Despite the fact that there was a strong remain vote in my constituency and in Southwark, by a small majority the result of the Referendum was to leave. I remain bitterly disappointed that this was the result and I am very much concerned about the future.
In the lead up to the Referendum I knocked on doors in my constituency and all around the country, urging people to vote to stay in the EU. I felt so strongly about it I even went on a Remain campaign bus with the Tory Prime Minister David Cameron (which I never thought I would do!)
Our campaign was branded ‘project fear’ but as it turns out we weren’t exaggerating – the problems we are facing are far worse than even we predicted – labour shortages including in the NHS, food prices going up at a time when people’s wages have stagnated for years, trade being hit yet further when we’re still struggling following the global financial crisis and not to mention the cost of holidays in Europe rising sharply because of the fall in the value of the pound.
Theresa May was supposedly against leaving the EU (though she didn’t do very much for the Remain campaign that I or anyone else noticed) – and now she is leading a calamitous government that is talking about being happy to leave the EU without any deal in place whatsoever.
I and my Labour colleagues are deeply worried about the prospects for protecting jobs, workers’ rights, environmental protections and fairness for EU citizens living and working here who are so important to our NHS, construction industries and universities.
Now the Government want us to vote through a Bill which would give the Government the power to bypass Parliament.
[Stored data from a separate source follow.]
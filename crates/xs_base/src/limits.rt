//! The limits of the formats. Code, definitions and documents cite each by its name here.

// ---- rows

/// The last row of an exposure sheet; rows count from 1.
pub const LAST_ROW: u32 = 9999;

/// The last row of a range is at most so many rows after its first: a range has at most 4096 rows.
pub const LONGEST_SPAN: u32 = 4095;

/// The same where two scenes are rendered, which have at most 4096 rows together.
pub const LONGEST_SPAN_OF_TWO: u32 = 2047;

/// The most rows of a generated scene.
pub const MOST_GENERATED_ROWS: u32 = 240;

/// The rows of a section; the last one may have fewer.
pub const SECTION_ROWS: u32 = 8;

// ---- lists of a scene

/// The most styles of a palette.
pub const MOST_STYLES: usize = 4096;

/// The most keys of a palette.
pub const MOST_STYLE_KEYS: usize = 4096;

/// The most styles that a palette filter lists.
pub const MOST_FILTER_STYLES: usize = 4096;

/// The most rows that a shuffle lists.
pub const LONGEST_SHUFFLE: usize = 9999;

/// The most columns of a sheet.
pub const MOST_COLUMNS: usize = 1024;

/// The most nodes of a sheet.
pub const MOST_NODES: usize = 256;

/// The most columns and nodes that a sheet lists to be rendered.
pub const MOST_TERMINALS: usize = 1024;

/// The most pegs of a chain of parents.
pub const LONGEST_PEG_CHAIN: u32 = 64;

/// The most sheets of which each shows the next.
pub const DEEPEST_NEST: u32 = 16;

// ---- numbers of a scene

/// The greatest number by which a text can refer to a thing, whether or not there is such a thing.
pub const GREATEST_REFERENCE: u32 = 1_000_000_000;

/// How many style numbers there are: the ink and the paint of a word, and a style that a palette filter
/// lists, are below this number.
pub const STYLE_NUMBERS: u32 = 4096;

/// The greatest radius of a blur, in pixels; the least is 1.
pub const GREATEST_RADIUS: u32 = 16;

/// The farthest that a peg key sets its peg from 0 along an axis, either way, in pixels.
pub const FARTHEST_OFFSET: u32 = 65_536;

/// The farthest that a peg lies from 0 along an axis with all its parents, either way, in pixels.
pub const FARTHEST_PLACE: u32 = LONGEST_PEG_CHAIN * FARTHEST_OFFSET;

/// The longest side of a camera, in pixels; the shortest is 1.
pub const LONGEST_CAMERA_SIDE: u32 = 4096;

// ---- files

/// The longest side of a drawing, in pixels; the shortest is 1.
pub const LONGEST_DRAWING_SIDE: u32 = 4096;

/// The farthest that the corner of a drawing's box lies from 0 along an axis, either way, in pixels.
pub const FARTHEST_CORNER: u32 = 65_536;

/// The most bytes of the name of a file.
pub const LONGEST_NAME: usize = 200;

/// The most bytes of the name under which frames are put.
pub const LONGEST_BASE: usize = 180;

/// The most bytes of a scene file.
pub const SCENE_LIMIT: u64 = 16_777_216;

/// The most bytes of the file of a drawing: a head of 21 and the longest sides.
pub const DRAWING_LIMIT: u64 = 67_108_885;

// ---- a run

/// The most workers.
pub const MOST_WORKERS: u32 = 64;

/// Seeds of generated scenes are below this number.
pub const SEEDS: u32 = 1_000_000_000;
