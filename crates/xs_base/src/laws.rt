//! Laws of lists that hold each number once.

ghost use Rattle.std.specs.Prelude.{◌≡◌, ◌≢◌, ℕ, ◌++◌, [], ◌∷◌, List, Contains, All, AllPairs};
ghost use Rattle.xs_base.specs.Once.{fresh, each_once, with_one, with_each};

/// Lists are gone through one after another, and a list of which each number was taken once has the same
/// numbers, each once, and the same new ones.
pub fn each_number_is_taken_once()
    ensures one_after_another { (known xs ys : List ℕ)
        → fresh known (xs ++ ys) ≡ fresh known xs ++ fresh (known ++ fresh known xs) ys }
    ensures all_of_the_first_known { (known xs ys : List ℕ)
        → fresh known (xs ++ ys) ≡ fresh known xs ++ fresh (known ++ xs) ys }
    ensures once_is_enough { (known xs : List ℕ) → fresh known (each_once xs) ≡ fresh known xs }
    ensures nothing_new { (known xs : List ℕ) → All (Contains known) xs → fresh known xs ≡ [] }
    ensures members { (known xs : List ℕ) (d : ℕ) → Contains (fresh known xs) d → Contains xs d }
    ensures found { (known xs : List ℕ) → All (Contains (known ++ fresh known xs)) xs }
    ensures alone { (known : List ℕ) (d : ℕ) → with_each known (d ∷ []) ≡ with_one known d }
    ensures once { (xs : List ℕ) → AllPairs (λ a b. a ≢ b) (each_once xs) }
{}
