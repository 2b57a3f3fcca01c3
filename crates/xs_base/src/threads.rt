use crate::list::List;

/// Compiles where values of a type may be sent to another thread, and shared with it.
pub fn crosses_threads<T: Send + Sync>() {}

/// A list may be sent to another thread, and shared with it, where its items may.
pub fn list_crosses_threads<T: Send + Sync>() {
    crosses_threads::<List<T>>();
}
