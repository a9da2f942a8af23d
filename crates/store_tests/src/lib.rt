//! Tests of the store, of who goes first, of a runner's first parts and of audits, and of nothing else:
//! public calls of `store_trait`, `store_memory`, `cycle_order`, `flush_prepare` and `txn_audit` on worked
//! rows.
//!
//! They stand here so that those crates are proved once and not twice. What a contract says of all inputs
//! isn't repeated: the rows show that the definitions mean what was meant, and that calls succeed.
#![tactic(auto)]

#[cfg(test)]
mod audits;
#[cfg(test)]
mod cells;
#[cfg(test)]
mod graphs;
#[cfg(test)]
mod interleaved;
#[cfg(test)]
mod memory;
#[cfg(test)]
mod parts;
Despite all the rhetoric in the Referendum being about “taking back control” – the EU Bill would take power from Brussels, not to give it to our democratically elected House of Commons but to give it to Ministers without any accountability to Parliament. As Labour’s Shadow Brexit Secretary Keir Starmer has said this is “an unprecedented Government power grab” and that is why I and my Labour colleagues voted strongly against it.
The Government has no idea what they’re doing and they want to muddle through behind closed doors when actually it would be better for them to face up to the fact that Parliament’s involvement will make a perilous situation better.
This is all unprecedented – no country has left the EU before, no country has ever turned its back on its largest trading bloc.I together with fellow Labour MPs will be looking to protect the country as best we can David Cameron, who called the Referendum, has got a lot to answer for and will because of this probably go down in history as the worst Prime Minister this country has ever had.